_ACTIVITY_:
For this exercise, repeat the listing below from its first line through the line containing "fn has_of(types: &Types, member: &Member, entry: &Entry)", exactly as written.

_RECORDS TO USE_:

= Beginning of Section =

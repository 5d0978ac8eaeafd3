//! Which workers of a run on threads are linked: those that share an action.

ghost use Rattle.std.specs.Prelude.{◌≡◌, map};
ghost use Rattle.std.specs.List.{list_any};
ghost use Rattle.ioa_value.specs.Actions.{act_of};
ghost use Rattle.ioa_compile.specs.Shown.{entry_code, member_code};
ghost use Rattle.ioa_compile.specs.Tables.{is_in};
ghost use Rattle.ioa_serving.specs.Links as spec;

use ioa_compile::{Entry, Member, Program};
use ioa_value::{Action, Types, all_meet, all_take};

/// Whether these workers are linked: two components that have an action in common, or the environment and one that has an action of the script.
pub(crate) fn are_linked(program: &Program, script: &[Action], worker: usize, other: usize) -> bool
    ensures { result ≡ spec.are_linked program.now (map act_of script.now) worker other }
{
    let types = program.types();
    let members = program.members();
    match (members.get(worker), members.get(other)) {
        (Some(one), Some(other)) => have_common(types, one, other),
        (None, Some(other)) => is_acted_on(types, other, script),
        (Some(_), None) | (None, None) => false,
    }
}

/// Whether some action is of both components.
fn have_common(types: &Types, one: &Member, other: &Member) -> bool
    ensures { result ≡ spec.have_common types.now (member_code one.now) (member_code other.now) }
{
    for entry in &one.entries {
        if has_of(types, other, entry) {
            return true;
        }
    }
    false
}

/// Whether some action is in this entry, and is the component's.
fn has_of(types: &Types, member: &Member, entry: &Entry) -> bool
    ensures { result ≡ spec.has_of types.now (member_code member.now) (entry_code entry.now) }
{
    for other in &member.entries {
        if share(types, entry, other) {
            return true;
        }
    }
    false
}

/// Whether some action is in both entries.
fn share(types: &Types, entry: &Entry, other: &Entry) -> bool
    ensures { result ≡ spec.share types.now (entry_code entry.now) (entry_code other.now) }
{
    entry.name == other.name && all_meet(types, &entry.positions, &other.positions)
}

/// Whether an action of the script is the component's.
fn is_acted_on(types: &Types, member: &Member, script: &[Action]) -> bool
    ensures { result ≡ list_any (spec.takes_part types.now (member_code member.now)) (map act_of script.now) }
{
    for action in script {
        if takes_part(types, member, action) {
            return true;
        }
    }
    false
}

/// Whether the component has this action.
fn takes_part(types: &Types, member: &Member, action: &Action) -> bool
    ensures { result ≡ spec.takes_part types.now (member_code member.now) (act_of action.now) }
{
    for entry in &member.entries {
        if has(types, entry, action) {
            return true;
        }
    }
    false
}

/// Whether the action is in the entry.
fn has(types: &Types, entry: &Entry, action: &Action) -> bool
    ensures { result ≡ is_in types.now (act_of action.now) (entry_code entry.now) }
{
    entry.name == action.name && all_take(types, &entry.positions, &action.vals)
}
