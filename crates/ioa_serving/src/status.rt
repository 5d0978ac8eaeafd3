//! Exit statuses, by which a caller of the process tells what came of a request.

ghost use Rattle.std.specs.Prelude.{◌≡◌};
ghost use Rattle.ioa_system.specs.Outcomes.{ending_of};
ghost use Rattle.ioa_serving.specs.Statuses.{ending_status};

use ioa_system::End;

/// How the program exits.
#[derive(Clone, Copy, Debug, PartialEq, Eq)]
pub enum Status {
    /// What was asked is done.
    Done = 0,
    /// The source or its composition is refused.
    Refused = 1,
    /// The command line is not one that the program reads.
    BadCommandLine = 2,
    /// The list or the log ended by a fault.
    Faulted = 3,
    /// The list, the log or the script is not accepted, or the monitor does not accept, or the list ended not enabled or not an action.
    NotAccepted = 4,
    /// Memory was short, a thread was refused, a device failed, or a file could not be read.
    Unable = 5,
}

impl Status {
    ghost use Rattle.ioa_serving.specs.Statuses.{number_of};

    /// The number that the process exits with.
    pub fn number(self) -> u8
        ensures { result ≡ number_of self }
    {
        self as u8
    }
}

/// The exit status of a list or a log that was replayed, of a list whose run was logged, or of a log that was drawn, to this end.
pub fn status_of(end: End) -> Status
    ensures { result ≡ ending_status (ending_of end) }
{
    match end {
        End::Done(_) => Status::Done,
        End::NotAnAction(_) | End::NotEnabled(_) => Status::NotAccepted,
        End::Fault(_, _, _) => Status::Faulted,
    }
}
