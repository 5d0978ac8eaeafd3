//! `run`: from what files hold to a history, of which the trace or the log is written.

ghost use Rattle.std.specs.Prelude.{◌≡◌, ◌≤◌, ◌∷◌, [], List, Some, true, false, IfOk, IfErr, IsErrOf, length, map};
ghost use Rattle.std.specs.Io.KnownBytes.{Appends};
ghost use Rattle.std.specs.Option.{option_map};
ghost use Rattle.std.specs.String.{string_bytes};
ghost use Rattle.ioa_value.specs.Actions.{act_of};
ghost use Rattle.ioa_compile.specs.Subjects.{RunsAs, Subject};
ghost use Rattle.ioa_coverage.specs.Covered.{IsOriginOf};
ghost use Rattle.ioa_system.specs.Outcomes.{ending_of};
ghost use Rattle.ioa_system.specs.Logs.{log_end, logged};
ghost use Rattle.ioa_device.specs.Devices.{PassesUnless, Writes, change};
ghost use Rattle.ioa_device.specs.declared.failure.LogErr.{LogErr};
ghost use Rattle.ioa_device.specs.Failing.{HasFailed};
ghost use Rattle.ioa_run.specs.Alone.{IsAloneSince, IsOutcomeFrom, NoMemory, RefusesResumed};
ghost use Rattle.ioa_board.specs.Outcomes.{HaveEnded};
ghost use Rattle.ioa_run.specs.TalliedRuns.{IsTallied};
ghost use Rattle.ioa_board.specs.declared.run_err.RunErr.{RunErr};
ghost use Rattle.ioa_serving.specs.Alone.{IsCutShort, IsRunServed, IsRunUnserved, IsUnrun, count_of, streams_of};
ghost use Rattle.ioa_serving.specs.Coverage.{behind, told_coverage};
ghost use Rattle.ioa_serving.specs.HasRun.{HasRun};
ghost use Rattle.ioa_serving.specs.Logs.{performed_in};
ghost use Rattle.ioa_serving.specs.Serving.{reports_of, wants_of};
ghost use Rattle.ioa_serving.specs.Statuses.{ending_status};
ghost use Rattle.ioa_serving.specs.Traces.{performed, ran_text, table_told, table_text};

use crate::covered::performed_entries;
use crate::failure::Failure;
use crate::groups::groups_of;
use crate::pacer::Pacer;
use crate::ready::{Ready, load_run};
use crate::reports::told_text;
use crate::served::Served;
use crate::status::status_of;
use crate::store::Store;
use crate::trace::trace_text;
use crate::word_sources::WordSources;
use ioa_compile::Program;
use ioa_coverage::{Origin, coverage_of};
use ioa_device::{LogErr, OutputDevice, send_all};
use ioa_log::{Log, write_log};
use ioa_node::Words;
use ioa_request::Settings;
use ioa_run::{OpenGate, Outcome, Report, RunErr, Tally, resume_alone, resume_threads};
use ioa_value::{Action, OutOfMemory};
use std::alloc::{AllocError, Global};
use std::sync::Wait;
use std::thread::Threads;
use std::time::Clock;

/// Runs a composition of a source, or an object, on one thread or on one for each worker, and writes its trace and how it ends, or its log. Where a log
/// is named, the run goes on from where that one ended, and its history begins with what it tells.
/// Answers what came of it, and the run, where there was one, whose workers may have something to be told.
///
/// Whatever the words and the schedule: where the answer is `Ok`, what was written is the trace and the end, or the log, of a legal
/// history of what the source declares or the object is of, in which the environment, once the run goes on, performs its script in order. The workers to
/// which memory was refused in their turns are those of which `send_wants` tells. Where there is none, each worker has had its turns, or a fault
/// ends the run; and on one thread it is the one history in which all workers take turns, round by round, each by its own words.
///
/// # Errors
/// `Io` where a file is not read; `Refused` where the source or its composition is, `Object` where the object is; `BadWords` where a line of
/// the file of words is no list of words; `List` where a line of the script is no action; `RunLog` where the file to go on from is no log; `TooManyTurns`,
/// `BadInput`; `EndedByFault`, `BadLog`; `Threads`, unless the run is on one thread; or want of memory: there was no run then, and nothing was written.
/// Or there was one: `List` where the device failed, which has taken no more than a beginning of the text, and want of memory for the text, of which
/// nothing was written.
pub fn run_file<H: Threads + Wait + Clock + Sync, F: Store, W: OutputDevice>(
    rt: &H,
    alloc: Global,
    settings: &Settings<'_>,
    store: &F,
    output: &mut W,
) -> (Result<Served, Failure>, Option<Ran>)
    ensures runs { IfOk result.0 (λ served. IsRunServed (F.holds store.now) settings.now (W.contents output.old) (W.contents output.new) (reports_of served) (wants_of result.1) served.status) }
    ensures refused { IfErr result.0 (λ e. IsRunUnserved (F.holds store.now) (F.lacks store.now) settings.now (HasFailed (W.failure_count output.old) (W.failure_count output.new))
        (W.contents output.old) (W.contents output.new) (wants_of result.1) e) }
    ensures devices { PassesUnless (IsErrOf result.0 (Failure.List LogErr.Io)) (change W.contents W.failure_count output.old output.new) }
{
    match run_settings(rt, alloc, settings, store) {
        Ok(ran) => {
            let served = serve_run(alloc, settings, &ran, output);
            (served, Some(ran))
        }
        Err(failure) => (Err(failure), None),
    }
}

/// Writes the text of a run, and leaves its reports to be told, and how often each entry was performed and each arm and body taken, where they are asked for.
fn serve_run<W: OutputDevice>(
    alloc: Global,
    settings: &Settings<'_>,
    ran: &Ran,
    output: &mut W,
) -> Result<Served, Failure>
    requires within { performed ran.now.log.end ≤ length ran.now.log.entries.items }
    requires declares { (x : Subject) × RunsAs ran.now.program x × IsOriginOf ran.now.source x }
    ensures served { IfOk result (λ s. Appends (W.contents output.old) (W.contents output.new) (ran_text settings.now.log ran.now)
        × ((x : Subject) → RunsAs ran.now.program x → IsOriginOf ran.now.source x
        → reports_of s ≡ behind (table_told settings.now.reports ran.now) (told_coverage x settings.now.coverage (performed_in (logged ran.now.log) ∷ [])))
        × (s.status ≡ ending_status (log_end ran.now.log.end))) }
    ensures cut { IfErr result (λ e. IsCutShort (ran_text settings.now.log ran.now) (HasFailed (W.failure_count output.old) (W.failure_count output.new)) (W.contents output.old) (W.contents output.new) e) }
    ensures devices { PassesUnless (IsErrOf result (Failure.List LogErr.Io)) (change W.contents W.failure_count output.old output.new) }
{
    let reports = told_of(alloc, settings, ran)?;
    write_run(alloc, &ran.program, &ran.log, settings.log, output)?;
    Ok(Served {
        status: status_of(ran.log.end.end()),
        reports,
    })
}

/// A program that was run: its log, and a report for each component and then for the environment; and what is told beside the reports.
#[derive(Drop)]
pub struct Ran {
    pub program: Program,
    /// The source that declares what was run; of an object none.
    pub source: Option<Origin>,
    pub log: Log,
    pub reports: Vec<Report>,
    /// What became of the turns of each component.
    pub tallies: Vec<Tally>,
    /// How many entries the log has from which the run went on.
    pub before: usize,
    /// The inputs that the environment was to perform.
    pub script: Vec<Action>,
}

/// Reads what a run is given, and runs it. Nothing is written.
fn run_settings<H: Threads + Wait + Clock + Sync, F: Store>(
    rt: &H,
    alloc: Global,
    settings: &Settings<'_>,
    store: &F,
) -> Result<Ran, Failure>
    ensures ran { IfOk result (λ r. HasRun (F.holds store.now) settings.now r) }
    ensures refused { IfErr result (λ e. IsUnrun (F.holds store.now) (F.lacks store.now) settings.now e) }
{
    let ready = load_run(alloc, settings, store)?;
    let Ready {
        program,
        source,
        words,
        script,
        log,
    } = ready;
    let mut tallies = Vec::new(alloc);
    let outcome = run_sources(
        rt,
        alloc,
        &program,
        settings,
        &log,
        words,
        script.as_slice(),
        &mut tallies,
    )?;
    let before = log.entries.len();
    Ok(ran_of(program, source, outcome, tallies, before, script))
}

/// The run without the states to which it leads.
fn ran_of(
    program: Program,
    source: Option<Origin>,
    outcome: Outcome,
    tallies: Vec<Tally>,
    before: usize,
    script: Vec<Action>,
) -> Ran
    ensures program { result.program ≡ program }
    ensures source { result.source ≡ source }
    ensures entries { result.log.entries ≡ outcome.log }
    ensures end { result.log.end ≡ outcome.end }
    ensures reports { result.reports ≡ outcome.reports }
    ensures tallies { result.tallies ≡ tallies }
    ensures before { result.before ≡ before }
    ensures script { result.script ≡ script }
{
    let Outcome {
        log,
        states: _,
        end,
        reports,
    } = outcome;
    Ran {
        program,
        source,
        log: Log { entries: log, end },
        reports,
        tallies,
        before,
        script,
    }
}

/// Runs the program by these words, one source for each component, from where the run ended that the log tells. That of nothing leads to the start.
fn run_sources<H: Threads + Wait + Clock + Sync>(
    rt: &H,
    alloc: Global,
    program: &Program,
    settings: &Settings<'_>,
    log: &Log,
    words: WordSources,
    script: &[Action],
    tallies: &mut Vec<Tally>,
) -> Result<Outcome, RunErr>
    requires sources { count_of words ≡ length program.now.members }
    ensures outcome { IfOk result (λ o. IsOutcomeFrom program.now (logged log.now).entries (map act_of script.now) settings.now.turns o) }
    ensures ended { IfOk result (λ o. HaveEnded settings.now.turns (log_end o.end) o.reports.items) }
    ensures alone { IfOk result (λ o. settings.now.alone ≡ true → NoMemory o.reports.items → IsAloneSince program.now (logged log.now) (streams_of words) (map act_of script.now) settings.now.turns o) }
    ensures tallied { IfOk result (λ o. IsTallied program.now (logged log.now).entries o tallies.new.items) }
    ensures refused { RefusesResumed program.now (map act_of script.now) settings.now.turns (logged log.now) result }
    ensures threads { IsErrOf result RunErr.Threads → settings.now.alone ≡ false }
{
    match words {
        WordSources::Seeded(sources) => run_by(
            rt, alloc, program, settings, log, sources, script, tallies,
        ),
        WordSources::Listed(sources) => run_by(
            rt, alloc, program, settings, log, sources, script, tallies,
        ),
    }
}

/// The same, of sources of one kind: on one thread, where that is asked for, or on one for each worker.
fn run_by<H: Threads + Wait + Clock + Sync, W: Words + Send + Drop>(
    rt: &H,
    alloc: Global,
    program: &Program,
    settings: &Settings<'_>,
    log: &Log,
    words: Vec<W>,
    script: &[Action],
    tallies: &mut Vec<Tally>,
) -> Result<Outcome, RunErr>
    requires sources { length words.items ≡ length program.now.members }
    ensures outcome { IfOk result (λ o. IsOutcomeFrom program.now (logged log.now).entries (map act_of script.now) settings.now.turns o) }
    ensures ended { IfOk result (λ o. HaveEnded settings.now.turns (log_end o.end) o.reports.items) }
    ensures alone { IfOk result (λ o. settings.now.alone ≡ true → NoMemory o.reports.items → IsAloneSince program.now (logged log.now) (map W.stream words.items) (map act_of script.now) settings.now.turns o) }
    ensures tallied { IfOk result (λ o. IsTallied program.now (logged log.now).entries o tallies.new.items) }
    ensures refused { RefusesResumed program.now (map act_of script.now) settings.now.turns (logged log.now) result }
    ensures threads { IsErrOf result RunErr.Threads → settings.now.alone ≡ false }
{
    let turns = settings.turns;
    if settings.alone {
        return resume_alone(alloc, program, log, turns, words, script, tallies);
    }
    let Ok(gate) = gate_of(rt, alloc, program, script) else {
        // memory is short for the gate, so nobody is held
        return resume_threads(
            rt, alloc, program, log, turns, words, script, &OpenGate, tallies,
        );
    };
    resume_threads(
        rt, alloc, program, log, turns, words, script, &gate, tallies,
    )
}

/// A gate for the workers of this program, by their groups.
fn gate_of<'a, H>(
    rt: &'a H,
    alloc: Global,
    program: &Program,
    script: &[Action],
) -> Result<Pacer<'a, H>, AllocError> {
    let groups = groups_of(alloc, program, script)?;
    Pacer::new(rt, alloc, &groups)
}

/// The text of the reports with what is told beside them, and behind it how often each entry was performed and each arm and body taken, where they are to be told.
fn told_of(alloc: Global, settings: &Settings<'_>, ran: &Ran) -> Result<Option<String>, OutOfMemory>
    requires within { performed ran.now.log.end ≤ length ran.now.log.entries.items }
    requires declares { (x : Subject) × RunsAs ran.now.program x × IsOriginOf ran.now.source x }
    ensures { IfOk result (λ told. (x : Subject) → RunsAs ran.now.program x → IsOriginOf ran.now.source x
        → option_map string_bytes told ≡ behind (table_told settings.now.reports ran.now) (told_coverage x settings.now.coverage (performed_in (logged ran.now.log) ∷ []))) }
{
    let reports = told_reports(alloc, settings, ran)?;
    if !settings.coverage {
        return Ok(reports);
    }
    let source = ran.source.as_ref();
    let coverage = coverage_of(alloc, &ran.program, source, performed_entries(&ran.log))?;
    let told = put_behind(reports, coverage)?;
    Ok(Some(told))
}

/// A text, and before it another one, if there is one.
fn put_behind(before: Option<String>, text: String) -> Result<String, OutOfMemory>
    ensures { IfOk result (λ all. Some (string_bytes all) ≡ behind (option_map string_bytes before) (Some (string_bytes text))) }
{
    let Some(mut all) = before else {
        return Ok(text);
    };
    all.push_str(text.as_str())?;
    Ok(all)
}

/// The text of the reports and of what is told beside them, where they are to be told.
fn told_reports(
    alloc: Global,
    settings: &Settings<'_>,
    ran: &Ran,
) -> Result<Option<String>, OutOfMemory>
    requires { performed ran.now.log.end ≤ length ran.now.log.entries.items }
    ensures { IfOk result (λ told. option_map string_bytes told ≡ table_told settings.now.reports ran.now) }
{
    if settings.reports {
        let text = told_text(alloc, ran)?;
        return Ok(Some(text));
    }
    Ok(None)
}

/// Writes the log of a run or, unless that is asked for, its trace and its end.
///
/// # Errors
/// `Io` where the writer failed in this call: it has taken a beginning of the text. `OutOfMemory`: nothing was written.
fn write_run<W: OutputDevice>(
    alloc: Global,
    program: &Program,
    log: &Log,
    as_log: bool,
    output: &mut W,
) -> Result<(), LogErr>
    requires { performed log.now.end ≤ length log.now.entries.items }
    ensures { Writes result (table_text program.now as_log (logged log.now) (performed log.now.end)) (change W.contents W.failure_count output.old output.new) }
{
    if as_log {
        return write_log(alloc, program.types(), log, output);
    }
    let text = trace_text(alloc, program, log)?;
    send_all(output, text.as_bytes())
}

= End of Section =

_ANSWER BOX_:
repository 5d0978ac8eaeafd3
//! Which workers of a run on threads are linked: those that share an action.

ghost use Rattle.std.specs.Prelude.{◌≡◌, map};
ghost use Rattle.std.specs.List.{list_any};
ghost use Rattle.ioa_value.specs.Actions.{act_of};
ghost use Rattle.ioa_compile.specs.Shown.{entry_code, member_code};
ghost use Rattle.ioa_compile.specs.Tables.{is_in};
ghost use Rattle.ioa_serving.specs.Links as spec;

use ioa_compile::{Entry, Member, Program};
use ioa_value::{Action, Types, all_meet, all_take};

/// Whether these workers are linked: two components that have an action in common, or the environment and one that has an action of the script.
pub(crate) fn are_linked(program: &Program, script: &[Action], worker: usize, other: usize) -> bool
    ensures { result ≡ spec.are_linked program.now (map act_of script.now) worker other }
{
    let types = program.types();
    let members = program.members();
    match (members.get(worker), members.get(other)) {
        (Some(one), Some(other)) => have_common(types, one, other),
        (None, Some(other)) => is_acted_on(types, other, script),
        (Some(_), None) | (None, None) => false,
    }
}

/// Whether some action is of both components.
fn have_common(types: &Types, one: &Member, other: &Member) -> bool
    ensures { result ≡ spec.have_common types.now (member_code one.now) (member_code other.now) }
{
    for entry in &one.entries {
        if has_of(types, other, entry) {
            return true;
        }
    }
    false
}

/// Whether some action is in this entry, and is the component's.
fn has_of(types: &Types, member: &Member, entry: &Entry) -> bool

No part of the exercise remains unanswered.